Suppressing miRNA-15a/-16 expression by interleukin-6 enhances drug-resistance in myeloma cells
© Hao et al; licensee BioMed Central Ltd. 2011
Received: 24 August 2011
Accepted: 22 September 2011
Published: 22 September 2011
The bone marrow microenvironment facilitates the survival, differentiation, and proliferation of myeloma (MM) cells. This study identified that microRNA-15a and -16 expressions tightly correlated with proliferation and drug sensitivity of MM cells. miRNA-15a/-16 expression in MM cells was significantly increased after treatment with cytotoxic agents. The interaction of bone marrow stromal cells (BMSC) with MM cells resulted in decreased miRNA-15a/-16 expression and promoted the survival of the MM cells. Interleukin-6 (IL-6) produced by BMSCs suppressed the expression of miRNA-15a and 16 in a time- and dose- dependent pattern, with the suppression on miRNA-15a being more significant than on miRNA-16. miRNA-15a-transfected MM cells were found to be arrested in G1/S checkpoint, and the transfected MM cells had decreased growth and survival. In conclusion, our data suggest that via suppressing miRNA-15a and -16 expressions, IL-6 secreted by BMSCs promotes drug-resistance in myeloma cells.
To the Editor
microRNA -15a and -16 are located on chromosome 13, an area commonly deleted in MM. Deletion of chromosome 13 predicts a significantly reduced survival in patient with MM [9–11]. We thus focused on the functions of miRNA-15a and -16. We found that miRNA-15a/-16 expression in MM cells was significantly increased under melphalan and bortezomib treatment (Figure 1B).
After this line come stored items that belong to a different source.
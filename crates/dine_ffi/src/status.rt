// What the calls answer. A number from 0 on is an answer, and a number below 0 says why there is none.
ghost use Rattle.std.specs.Prelude.{◌≡◌, pos};
ghost use Rattle.dine_ffi.specs.Answers.{IsRefused, Reports, breach_status, number_of, wire_status};
ghost use Rattle.dine_ffi.specs.Refusals.{plan_status};

use dine_reader::PlanFault;
use dine_rules::{Breach, Phase};
use dine_wire::WireFault;

pub(crate) const DONE: i64 = 0;

/// The handle is closed.
pub(crate) const CLOSED: i64 = -1;

/// The handle is of another kind.
pub(crate) const OTHER_KIND: i64 = -2;

/// The rules do not allow the event now.
pub(crate) const NOT_NOW: i64 = -3;

/// There is no such site, edge, place or kind.
pub(crate) const NO_SUCH: i64 = -4;

/// An allocation failed.
pub(crate) const MEMORY: i64 = -5;

/// The memory for the answer is too small.
pub(crate) const SMALL: i64 = -6;

/// The site eats, and does nothing else until its meal ends.
pub(crate) const EATING: i64 = -7;

/// The handle is open already.
pub(crate) const OPEN_ALREADY: i64 = -8;

/// No link of the site is of this edge.
pub(crate) const OTHER_EDGE: i64 = -14;

/// The site can do nothing before a letter arrives.
pub(crate) const WAITS: i64 = -16;

/// The site has done all, and put and taken all letters.
pub(crate) const FINISHED: i64 = -17;

/// -11 to -13, or -15: the bytes are no letter that may arrive. -15 is that of a letter of another run.
pub(crate) fn wire_status(fault: WireFault) -> i64
    ensures refused { IsRefused result }
    ensures nonzero { result ≡ pos 0 → ⊥ }
    ensures status { result ≡ wire_status fault }
{
    match fault {
        WireFault::Length => -11,
        WireFault::Kind => -12,
        WireFault::Unlawful => -13,
        WireFault::Memory => MEMORY,
        WireFault::OtherRun => -15,
    }
}

/// -21 to -26: the rules do not allow the letter.
pub(crate) fn breach_status(breach: Breach) -> i64
    ensures refused { IsRefused result }
    ensures nonzero { result ≡ pos 0 → ⊥ }
    ensures status { result ≡ breach_status breach }
{
    match breach {
        Breach::AfterClose => -21,
        Breach::RequestOutOfTurn => -22,
        Breach::ForkOutOfTurn => -23,
        Breach::StrangeFork => -24,
        Breach::DoneOutOfTurn => -25,
        Breach::ClosedEarly => -26,
    }
}

/// -101 to -120: the text is no plan.
pub(crate) fn plan_status(fault: PlanFault) -> i64
    ensures refused { IsRefused result }
    ensures status { result ≡ plan_status fault }
{
    match fault {
        PlanFault::Memory => MEMORY,
        other => -100 - i64::from(other.number()),
    }
}

/// Returns the number as an answer.
pub(crate) fn number(n: u64) -> i64
    ensures { Reports result n }
{
    match i64::try_from(n) {
        Ok(n) => n,
        Err(_) => i64::MAX,
    }
}

/// Returns the number of a phase.
pub(crate) fn phase_number(phase: Phase) -> u32
    ensures { result ≡ number_of phase }
{
    match phase {
        Phase::Thinking => 0,
        Phase::Hungry => 1,
        Phase::Eating => 2,
    }
}
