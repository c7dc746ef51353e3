//! The calls of a world.
ghost use Rattle.std.specs.Prelude.{◌≡◌, ◌≢◌, ℕ, MatchOption, None, length, pos, slice_get};
ghost use Rattle.dine_rules.specs.Bound.{bound_of};
ghost use Rattle.dine_rules.specs.Schedules.{finish_within, from_here, replay};
ghost use Rattle.dine_rules.specs.World.{IsComplete, enabled_events, start};
ghost use Rattle.dine_world.specs.Worlds.{ForEachWorld, IsWorldOf, RunsTo, forks_seen};
ghost use Rattle.dine_ffi.specs.Answers.{IsDoneOr, IsOkOr, Reports, done, memory, no_such, number_of, open_already};
ghost use Rattle.dine_ffi.specs.Events.{kind_numbered, seen_event};
ghost use Rattle.dine_ffi.specs.Contents.{HoldsPlan, HoldsWorld, OfHeld, OfPlan, OfWorld, OnPlan, StepsWorldOrRefuses};
ghost use Rattle.dine_ffi.specs.Contents.{WorldCall};
ghost use Rattle.dine_ffi.specs.Written.{ArePeriods};

use crate::contents::{Contents, Object};
use crate::event::DineEvent;
use crate::handle::Handle;
use crate::on_held::on_held;
use crate::own_world::OwnWorld;
use crate::plan_calls::open;
use crate::status::{CLOSED, MEMORY, OPEN_ALREADY, OTHER_KIND};
use std::alloc::Global;

/// Opens the world of the plan that the handle `plan` holds. The handle `world`, which is closed, holds it then.
#[unsafe(no_mangle)]
pub extern "C" fn dine_raw_world_open(alloc: Global, plan: &mut Handle, world: &mut Handle) -> i64
    ensures plan { plan.new.slot.held ≡ plan.old.slot.held }
    ensures world { IsOkOr result
        (HoldsPlan (λ p. HoldsWorld (IsWorldOf p (start p)) world.new.slot.held) plan.old.slot.held)
        (world.new.slot.held ≡ world.old.slot.held) }
    ensures open { world.old.slot.held ≢ None → result ≡ open_already }
    ensures refused { world.old.slot.held ≡ None → IsDoneOr result Unit
        (OfHeld plan.old.slot.held result (λ object. OfPlan object result (λ _. result ≡ memory))) }
{
    if world.is_open() {
        return OPEN_ALREADY;
    }
    let Some(contents) = plan.take(alloc) else {
        return CLOSED;
    };
    let answer = open_world(alloc, &contents, world);
    plan.put(contents);
    answer
}

fn open_world(alloc: Global, contents: &Contents, handle: &mut Handle) -> i64
    requires { handle.old.slot.held ≡ None }
    ensures world { IsOkOr result
        (OnPlan (λ p. HoldsWorld (IsWorldOf p (start p)) handle.new.slot.held) contents.now.object)
        (handle.new.slot.held ≡ handle.old.slot.held) }
    ensures refused { IsDoneOr result Unit (OfPlan contents.now.object result (λ _. result ≡ memory)) }
{
    match &contents.object {
        Object::Plan(plan) => match OwnWorld::open(alloc, plan.plan()) {
            Ok(world) => open(alloc, Object::World(world), handle),
            Err(_) => MEMORY,
        },
        Object::World(_) | Object::Site(_) | Object::Builder(_) => OTHER_KIND,
    }
}

/// Returns the greatest number of events of the plan.
#[unsafe(no_mangle)]
pub extern "C" fn dine_raw_world_bound(alloc: Global, handle: &mut Handle) -> i64
    ensures same { handle.new.slot.held ≡ handle.old.slot.held }
    ensures answer { OfHeld handle.old.slot.held result (λ object. OfWorld object result
        (λ w. ForEachWorld w (λ plan world. Reports result (bound_of plan)))) }
{
    on_held!(alloc, handle, World(world) => world.bound())
}

/// Returns the number of enabled events.
#[unsafe(no_mangle)]
pub extern "C" fn dine_raw_world_count(alloc: Global, handle: &mut Handle) -> i64
    ensures same { handle.new.slot.held ≡ handle.old.slot.held }
    ensures answer { OfHeld handle.old.slot.held result (λ object. OfWorld object result
        (λ w. ForEachWorld w (λ plan world. result ≡ pos (length (enabled_events plan world))))) }
{
    on_held!(alloc, handle, World(world) => world.count())
}

/// Writes the n-th enabled event, from 0.
#[unsafe(no_mangle)]
pub extern "C" fn dine_raw_world_enabled(
    alloc: Global,
    handle: &mut Handle,
    n: u32,
    out: &mut DineEvent,
) -> i64
    ensures same { handle.new.slot.held ≡ handle.old.slot.held }
    ensures answer { OfHeld handle.old.slot.held result (λ object. OfWorld object result
        (λ w. ForEachWorld w (λ plan world. MatchOption (slice_get (enabled_events plan world) n)
        ((result ≡ no_such) × (out.new ≡ out.old)) (λ event. (result ≡ done)
        × (out.new ≡ seen_event event.site event.kind))))) }
    ensures unwritten { IsDoneOr result Unit (out.new ≡ out.old) }
{
    on_held!(alloc, handle, World(world) => world.enabled(n, out))
}

/// Does the event.
#[unsafe(no_mangle)]
pub extern "C" fn dine_raw_world_step(alloc: Global, handle: &mut Handle, event: &DineEvent) -> i64
    ensures becomes { WorldCall (λ result old new. MatchOption (kind_numbered event.now.kind event.now.place)
        ((result ≡ no_such) × (new ≡ old))
        (λ kind. StepsWorldOrRefuses (record { site = event.now.site; kind = kind }) result old new)) result
        handle.old.slot.held handle.new.slot.held }
{
    on_held!(alloc, handle, mut World(world) => world.step(*event))
}

/// Does the enabled event that each choice names by its number. Returns the number of events.
#[unsafe(no_mangle)]
pub extern "C" fn dine_raw_world_replay(alloc: Global, handle: &mut Handle, choices: &[u32]) -> i64
    ensures becomes { WorldCall (λ result old new. (events : ℕ) × Reports result events
        × ForEachWorld old (λ plan world. RunsTo plan (replay plan (from_here world) choices.now) events new)) result
        handle.old.slot.held handle.new.slot.held }
{
    on_held!(alloc, handle, mut World(world) => world.replay(choices))
}

/// Does the first enabled event until none is enabled. Returns the number of events.
#[unsafe(no_mangle)]
pub extern "C" fn dine_raw_world_finish(alloc: Global, handle: &mut Handle) -> i64
    ensures becomes { WorldCall (λ result old new. ForEachWorld new (λ plan world. IsComplete plan world)
        × ((events : ℕ) × Reports result events × ForEachWorld old
        (λ plan world. RunsTo plan (finish_within (bound_of plan) plan (from_here world)) events new))) result
        handle.old.slot.held handle.new.slot.held }
{
    on_held!(alloc, handle, mut World(world) => world.finish())
}

/// Returns 0 if the site thinks, 1 if it is hungry, 2 if it eats.
#[unsafe(no_mangle)]
pub extern "C" fn dine_raw_world_phase(alloc: Global, handle: &mut Handle, site: u32) -> i64
    ensures same { handle.new.slot.held ≡ handle.old.slot.held }
    ensures answer { OfHeld handle.old.slot.held result (λ object. OfWorld object result
        (λ w. ForEachWorld w (λ plan world. MatchOption (slice_get world site) (result ≡ no_such)
        (λ state. result ≡ pos (number_of state.phase))))) }
{
    on_held!(alloc, handle, World(world) => world.phase(site))
}

/// Returns the number of meals that the site began.
#[unsafe(no_mangle)]
pub extern "C" fn dine_raw_world_ate(alloc: Global, handle: &mut Handle, site: u32) -> i64
    ensures same { handle.new.slot.held ≡ handle.old.slot.held }
    ensures answer { OfHeld handle.old.slot.held result (λ object. OfWorld object result
        (λ w. ForEachWorld w (λ plan world. MatchOption (slice_get world site) (result ≡ no_such)
        (λ state. result ≡ pos state.ate)))) }
{
    on_held!(alloc, handle, World(world) => world.ate(site))
}

/// Writes the periods of the log of the edge's fork, three numbers for each, and returns how many periods there are.
#[unsafe(no_mangle)]
pub extern "C" fn dine_raw_world_fork(
    alloc: Global,
    handle: &mut Handle,
    edge: u32,
    out: &mut [u32],
) -> i64
    ensures same { handle.new.slot.held ≡ handle.old.slot.held }
    ensures answer { OfHeld handle.old.slot.held result (λ object. OfWorld object result
        (λ w. ForEachWorld w (λ plan world. MatchOption (slice_get (forks_seen plan world) edge)
        ((result ≡ no_such) × (out.new ≡ out.old)) (λ fork. ArePeriods fork out.old out.new result)))) }
    ensures unwritten { IsDoneOr result Unit (out.new ≡ out.old) }
{
    on_held!(alloc, handle, World(world) => world.periods(edge, out))
}

/// Returns the value of the edge's fork.
#[unsafe(no_mangle)]
pub extern "C" fn dine_raw_world_value(alloc: Global, handle: &mut Handle, edge: u32) -> i64
    ensures same { handle.new.slot.held ≡ handle.old.slot.held }
    ensures answer { OfHeld handle.old.slot.held result (λ object. OfWorld object result
        (λ w. ForEachWorld w (λ plan world. MatchOption (slice_get (forks_seen plan world) edge)
        (result ≡ no_such) (λ fork. Reports result fork.value)))) }
{
    on_held!(alloc, handle, World(world) => world.value(edge))
}
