// Bytes that are copied into the caller's memory.
ghost use Rattle.std.specs.Prelude.{◌≡◌, length, pos};
ghost use Rattle.dine_ffi.specs.Written.{over_front};

/// Copies the bytes to the front of `out`, or as many as it has. Returns the number of bytes.
pub(crate) fn copy_bytes(bytes: &[u8], out: &mut [u8]) -> i64
    ensures number { result ≡ pos (length bytes.now) }
    ensures bytes { out.new ≡ over_front bytes.now out.old }
{
    let count = bytes.len().min(out.len());
    out[..count].copy_from_slice(&bytes[..count]);
    bytes.len() as i64
}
Moreover, dexamethasone sensitive MM cell line, MM1S, expressed higher level of miRNA-15a than the resistant MM1R. miRNA-15a expression in MMIS and MM1R was 909.73 ± 7.12 and 134.88 ± 19.85 (p < 0.01), respectively, and miRNA-16 expression in those cells was 9.83 ± 2.01 and 9.20 ± 3.81 (p > 0.05), respectively. Interestingly, the interaction of MM cells with MM-BMSCs inhibited miRNA-15a and -16 expressions in MM cells. (Figure 1B) IL-6 secreted by MM-BMSCs decreased expression of miRNA-15a and -16 in myeloma cells in a time- and dose- dependent pattern. (Figure 1C,D) The suppression on miRNA-15a was more significant than on miRNA-16 in myeloma cells. Previous study has identified cyclinD1, cyclinD2 and CDC25A as the targets of miRNA-15a . Our data further showed that miRNA-15a-transfected MM cells were arrested in G1/S checkpoint. The over-expression of miRNA-15a inhibited growth and survival of the transfected MM cells.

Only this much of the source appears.